The CatholiCity Message

Volume XV, Number 3 – March 31, 2011

"Anything worth doing is worth doing badly."
G.K. Chesterton

Dear CatholiCity Citizen,

Your response to the release of our first new CD in three years, "The Eucharist Explained," has been spectacular. Thank you! You can order "In Bulk" (quantities of 100, a ridiculous 50 cents each, free shipping) here:

https://secure.catholicity.com/bulk-order.html

On a related topic, we opened a CatholiCity Message with the same Chesterton quote above this time two years ago, followed by a message about how evangelizing badly during Lent is a perfect way to live out his profound maxim. Reaction to our serious but hilarious plea to help us lose money and to take our overconfident shipping department workers down a peg or two was extraordinarily positive, so we formatted the whole thing into an article that you can read here:

http://www.catholicity.com/commentary/macfarlane/evangelizing.html

Hey, like you, we get emails with links to articles and we usually don't bother to read them either, but this one may just give you the extra little motivation (or the smile) you need during the dog days of Lent.

And now...we have lots of stuff, so much that you should not feel guilty about skipping over stuff and browsing the headlines until one or more grabs you.

A. WHY IS EASTER SO LATE THIS YEAR?
Easter falls on the second-latest possible date this year, April 24. The United States Navy happily provides the technical reasons why here, if you are curious:

http://aa.usno.navy.mil/faq/docs/easter.php

The last time Easter fell on the latest date, April 25, was in 1943, when my 76-year-old dad was ten. The next time that happens is 2038, so most of our grandpas will need to be centenarians to see it again. The earliest possible date for Easter is March 22, but it is not scheduled to occur again until 2285 (unless Our Lord returns beforehand).

B. HOW TO SAVE MONEY BUYING GASOLINE
Gas prices are skyrocketing, and there is only so much driving you can cut back on before you hit the minimum required to get to work and fulfill your family needs. Below is an edited summary of an email going around from a petroleum expert on how to save money when buying gas:

Purchase gas in the morning when the ground temperature is still cold and the gas is denser. Gasoline expands in volume significantly as it heats up.

Pump gas into your tank at the slowest setting because it reduces the effect of gas turning into vapor that is either returned into the pump or lost into the air.

To reduce gas evaporation inside your tank, fill up when your car is half full.

After the pump clicks off, you can usually jigger leftover ounces of gas into your tank by lifting the pump tube higher than the nozzle while twisting the nozzle upside down.

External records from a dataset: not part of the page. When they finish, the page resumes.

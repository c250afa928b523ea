//! A world as it is now.
use invoke_queue::Numbers;
use unum_hub::Hub;
use world_types::{Entry, Stop};

/// A world as it is now: objects and queue, the journal, and how many steps were a Mark. Beside these it keeps what would
/// cost much to find again.
#[derive(Drop)]
pub struct WorldState {
    /// Objects and queue.
    pub hub: Hub,
    /// The checkpoints that won, in the order of winning.
    pub journal: Vec<Entry>,
    /// How many steps were a Mark.
    pub marks: u64,
    /// By attempt, where the scope stops after the answer that it adopted, while it acts.
    pub stops: Vec<Option<Stop<u32>>>,
    /// The invocations that are to be delivered beside their one live attempt.
    pub twins: Numbers,
}
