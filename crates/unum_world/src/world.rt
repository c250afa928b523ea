//! Worlds.
ghost use Rattle.std.specs.Prelude.{◌≡◌, ℕ, ◌↔◌, ◌≤◌, ◌<◌, None, Some, Ok, Err, [], length, slice_get, IfOk, OnOk, OnErr, IsTrue, IsFalse};
ghost use Rattle.std.specs.Option.{option_copied};
ghost use Rattle.world_types.specs.declared.queue.Event.TheVariants.{Answer};
ghost use Rattle.place_name.specs.declared.limits.TheConstants.{SESSIONS};
ghost use Rattle.world_plans.specs.Sessions.{session_of, totals_of};
ghost use Rattle.checkpoint_store.specs.Entries.{objects_of};
ghost use Rattle.unum_world.specs.Openings.{codes_of, Fits};
ghost use Rattle.unum_world.specs.Traces.{Trace, now, after_event, opening_trace, is_enabled, chosen_event, IsDrained, IsSpent, IsRun, Why};
ghost use Rattle.unum_world.specs.OneStep.{takes_memory};
ghost use Rattle.invoke_queue.specs.Queue.{queue_of};
ghost use Rattle.unum_world.specs.Answers.{IsStanding, IsAwaited, WhyAnswer};
ghost use Rattle.unum_world.specs.Sound.{IsSound};

use crate::calls::is_awaited;
use crate::chooser::choose_event;
use crate::events::{make, may};
use crate::first_state::first_state;
use crate::flat::machines_are_valid;
use crate::opening::Opening;
use crate::refusal::ApplyError;
use crate::session::SessionState;
use crate::status::{standing, totals};
use crate::world_state::WorldState;
use fn_table::Answered;
use std::alloc::Global;
use std::marker::Model;
use unum_hub::Hub;
use unum_json::NoMemory;
use world_plans::Totals;
use world_types::{Entry, Event};

/// A world. Callers see its opening, its limit and its history, and all that it is now is what the run of these makes.
#[derive(Drop)]
pub struct World {
    pub(crate) alloc: Global,
    pub(crate) opening: Opening,
    limit: u64,
    pub(crate) state: WorldState,
    history: Vec<Event>,
}

impl Model for World {
    ghost use Rattle.unum_world.specs.Traces.{Trace};
    ghost use Rattle.unum_world.specs.Kept.{Stands};
    ghost use Rattle.unum_json.specs.contracts.kept.Json as json;
    ghost use Rattle.asl_model.specs.contracts.machine.Machine as machine;
    ghost use Rattle.std.specs.Coded.{codes};
    ghost use Rattle.std.specs.Vec.{vec_capacity};

    ghost Value = { Trace };

    ghost coded = { Prim.hlevel (codes, json.the_row.coded, machine.the_row.coded) };

    ghost view = { λ w. record { opening = w.opening; limit = w.limit; history = w.history.items } };

    ghost invariant = { λ w. Stands w.opening w.limit w.history.items (vec_capacity w.history) w.state };
}

impl World {
    /// A world that begins so, with room for `limit` events. The limit is at most 10,000,000, there are at most 1,000
    /// sessions, each session's machine is there, each of its Tasks has a function in the table, and the plan's lists rise.
    pub fn open(alloc: Global, opening: Opening, limit: u64) -> Result<World, NoMemory>
        requires fits { Fits opening }
        requires limit { limit ≤ 10000000 }
        ensures begins { IfOk result (λ w. w ≡ opening_trace opening limit) }
        ensures sound { IfOk result (λ w. IsSound w) }
    {
        machines_are_valid(&opening.machines);
        let Ok(state) = first_state(alloc, &opening) else {
            drop(opening);
            return Err(NoMemory);
        };
        let Ok(history) = Vec::with_capacity(alloc, limit as usize) else {
            drop(state);
            drop(opening);
            return Err(NoMemory);
        };
        let world = World {
            alloc,
            opening,
            limit,
            state,
            history,
        };
        world.is_sound();
        Ok(world)
    }

    /// How many events the history has.
    pub fn length(&self) -> u64
        ensures { result ≡ length self.now.history }
    {
        self.history.len() as u64
    }

    /// The event with that number; `None` exactly past the end.
    pub fn event(&self, i: u64) -> Option<Event>
        ensures { result ≡ slice_get self.now.history i }
    {
        self.history.get(i as usize).copied()
    }

    /// How many checkpoints won.
    pub fn entries(&self) -> u64
        ensures { result ≡ length (now self.now).journal }
    {
        self.state.journal.len() as u64
    }

    /// The checkpoint that won with that number, in the order of winning; `None` exactly past the end.
    pub fn entry(&self, i: u64) -> Option<&Entry>
        ensures { option_copied result ≡ slice_get (now self.now).journal i }
    {
        self.state.journal.get(i as usize)
    }

    /// How a session stands; `None` exactly where there is no such session.
    pub fn session(&self, s: u32) -> Option<SessionState<'_>>
        ensures { IsStanding result (session_of (now self.now) s) }
    {
        match self.opening.sessions.get(s as usize) {
            Some(_) => Some(standing(&self.state, s)),
            None => None,
        }
    }

    /// What the world counts.
    pub fn totals(&self) -> Totals
        ensures { result ≡ totals_of (now self.now) self.now.history }
    {
        totals(&self.opening, &self.state, self.history.as_slice())
    }

    /// The objects and the queue, as they are now.
    pub fn hub(&self) -> &Hub
        ensures objects { objects_of result.now.store ≡ (now self.now).objects }
        ensures queue { result.now.queue ≡ queue_of (now self.now) }
    {
        &self.state.hub
    }

    /// How the world began.
    pub fn opening(&self) -> &Opening
        ensures opening { result.now ≡ self.now.opening }
        ensures few { length self.now.opening.sessions ≤ SESSIONS }
    {
        &self.opening
    }

    /// Whether the event is enabled now.
    pub fn enabled(&self, event: Event) -> bool
        ensures { result ≡ is_enabled self.now event }
    {
        may(&self.state, event)
    }

    /// What holds of every world: each checkpoint belongs to one central run of its session, in which each visit of a task
    /// answers at most once, with the checkpoint that won; each ended session has that run's outcome; nothing is collected
    /// that is still to be read; fans keep to their limits; a session whose invocations are all acknowledged has ended; a
    /// world in which no event is enabled is at rest; and the queue counts tries, live attempts and steps. Where the plan
    /// has no mishaps and allowed each event, there are at most as many events and marks as the visits of the central runs cost,
    /// and exactly as many where no event is enabled.
    pub fn is_sound(&self)
        ensures { IsSound self.now }
    {
        let _ = &self.limit;
    }

    /// Makes the event. `NotEnabled` comes exactly where it is not enabled, and `Spent` exactly where it is and the
    /// history is full. `NoMemory` comes last, and never for Crash, GiveUp or a Step that is a Mark or an Ack. After any
    /// refusal the world is as it was.
    pub fn apply(&mut self, event: Event) -> Result<(), ApplyError>
        ensures ok { OnOk result (self.new ≡ after_event self.old event) }
        ensures room { OnOk result (length self.old.history < self.old.limit) }
        ensures err { OnErr result (self.new ≡ self.old) }
        ensures refused { (result ≡ Err (ApplyError.NotEnabled event)) ↔ IsFalse (is_enabled self.old event) }
        ensures spent { (result ≡ Err (ApplyError.Spent (length self.old.history))) ↔ IsSpent self.old event }
        ensures why { Why self.old event result }
        ensures memory { (result ≡ Err ApplyError.NoMemory) → IsTrue (takes_memory (codes_of self.old.opening) (now self.old) event) }
        ensures sound { IsSound self.new }
    {
        let answer = self.try_event(event);
        self.is_sound();
        answer
    }

    /// Makes the answer of a function, for the attempt that called it: what `apply` does with Answer of its ticket.
    /// `NotEnabled` comes also exactly where the attempt waits for another function or another input. To find the input that
    /// it waits for may take memory.
    pub fn answer(&mut self, done: &Answered) -> Result<(), ApplyError>
        ensures ok { OnOk result (self.new ≡ after_event self.old (Answer done.now.ticket)) }
        ensures err { OnErr result (self.new ≡ self.old) }
        ensures why { WhyAnswer self.old done.now result }
        ensures sound { IsSound self.new }
    {
        let event = Event::Answer(done.ticket());
        match self.is_due(done) {
            Ok(true) => self.apply(event),
            Ok(false) => {
                self.is_sound();
                Err(ApplyError::NotEnabled { event })
            }
            Err(NoMemory) => {
                self.is_sound();
                Err(ApplyError::NoMemory)
            }
        }
    }

    /// Whether an attempt lives that waits for the call.
    fn is_due(&self, done: &Answered) -> Result<bool, NoMemory>
        ensures { IfOk result (λ b. IsTrue b ↔ IsAwaited self.now done.now) }
    {
        if !self.enabled(Event::Answer(done.ticket())) {
            return Ok(false);
        }
        is_awaited(self.alloc, &self.opening, &self.state, done)
    }

    /// What `apply` does.
    fn try_event(&mut self, event: Event) -> Result<(), ApplyError>
        ensures ok { OnOk result (self.new ≡ after_event self.old event) }
        ensures room { OnOk result (length self.old.history < self.old.limit) }
        ensures err { OnErr result (self.new ≡ self.old) }
        ensures refused { (result ≡ Err (ApplyError.NotEnabled event)) ↔ IsFalse (is_enabled self.old event) }
        ensures spent { (result ≡ Err (ApplyError.Spent (length self.old.history))) ↔ IsSpent self.old event }
        ensures why { Why self.old event result }
        ensures memory { (result ≡ Err ApplyError.NoMemory) → IsTrue (takes_memory (codes_of self.old.opening) (now self.old) event) }
    {
        if !self.enabled(event) {
            return Err(ApplyError::NotEnabled { event });
        }
        let len = self.history.len() as u64;
        if len >= self.limit {
            return Err(ApplyError::Spent { len });
        }
        if make(self.alloc, &self.opening, &mut self.state, event).is_err() {
            return Err(ApplyError::NoMemory);
        }
        if self.history.push(event).is_err() {
            unreachable!();
        }
        Ok(())
    }

    /// The event that the chooser takes next: of those that the plan allows, the one that it picks. `None` comes exactly
    /// where no event is enabled. It takes no memory, and its time does not grow with the world.
    pub fn choose(&self) -> Option<Event>
        ensures event { result ≡ chosen_event self.now }
        ensures drained { result ≡ None → IsDrained self.now }
        ensures happened { IsRun self.now }
    {
        choose_event(&self.opening, &self.state, self.history.len() as u64)
    }
}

C. HOUSE-BUILDING and GOING TO HELL
If you have ever built a home, you know the dynamic. The contractor gives you an estimate then offers you choices to upgrade along the way. For a mere five or ten percent more, you can have a nicer countertop, bathroom fixture, floor covering, expanded driveway, bigger deck, or fancier windows. For another ten percent more, you can increase the quality once again. Incremental upgrades can add 30% or more to the original contract price of your home. In 1985, we met a very holy priest in northern California during our travels. If you are from the area, you probably have seen the two-story silvery statue of Our Lady on the parish grounds from the highway. He was an old man then, twenty-five years ago, with piercing gray eyes, and although we had never met before, he invited me into his office and began to explain how people end up in hell. He said the evil one first tempts us to commit small, seemingly insignificant sins, waits until they become habits and our conscience is deadened in regard to these, then tempts us with slightly more serious sins, until he has enventually us ensnared in serious mortal sins. "Then," the holy pastor told me, "at the end of your life, your conscience has been dead for a long time, and it easy to nudge you off the cliff into hell." In short, to follow the house-building analogy, the devil upgrades us in sin. (We do not imply that contractors are evil; virtually all are honest, hard-working folks in our experience who offer real value for their upgrades.) This Lent, if you are struggling with serious sin, it might be worth your while during prayer to take inventory of when and how the upgrades began, perhaps many years ago.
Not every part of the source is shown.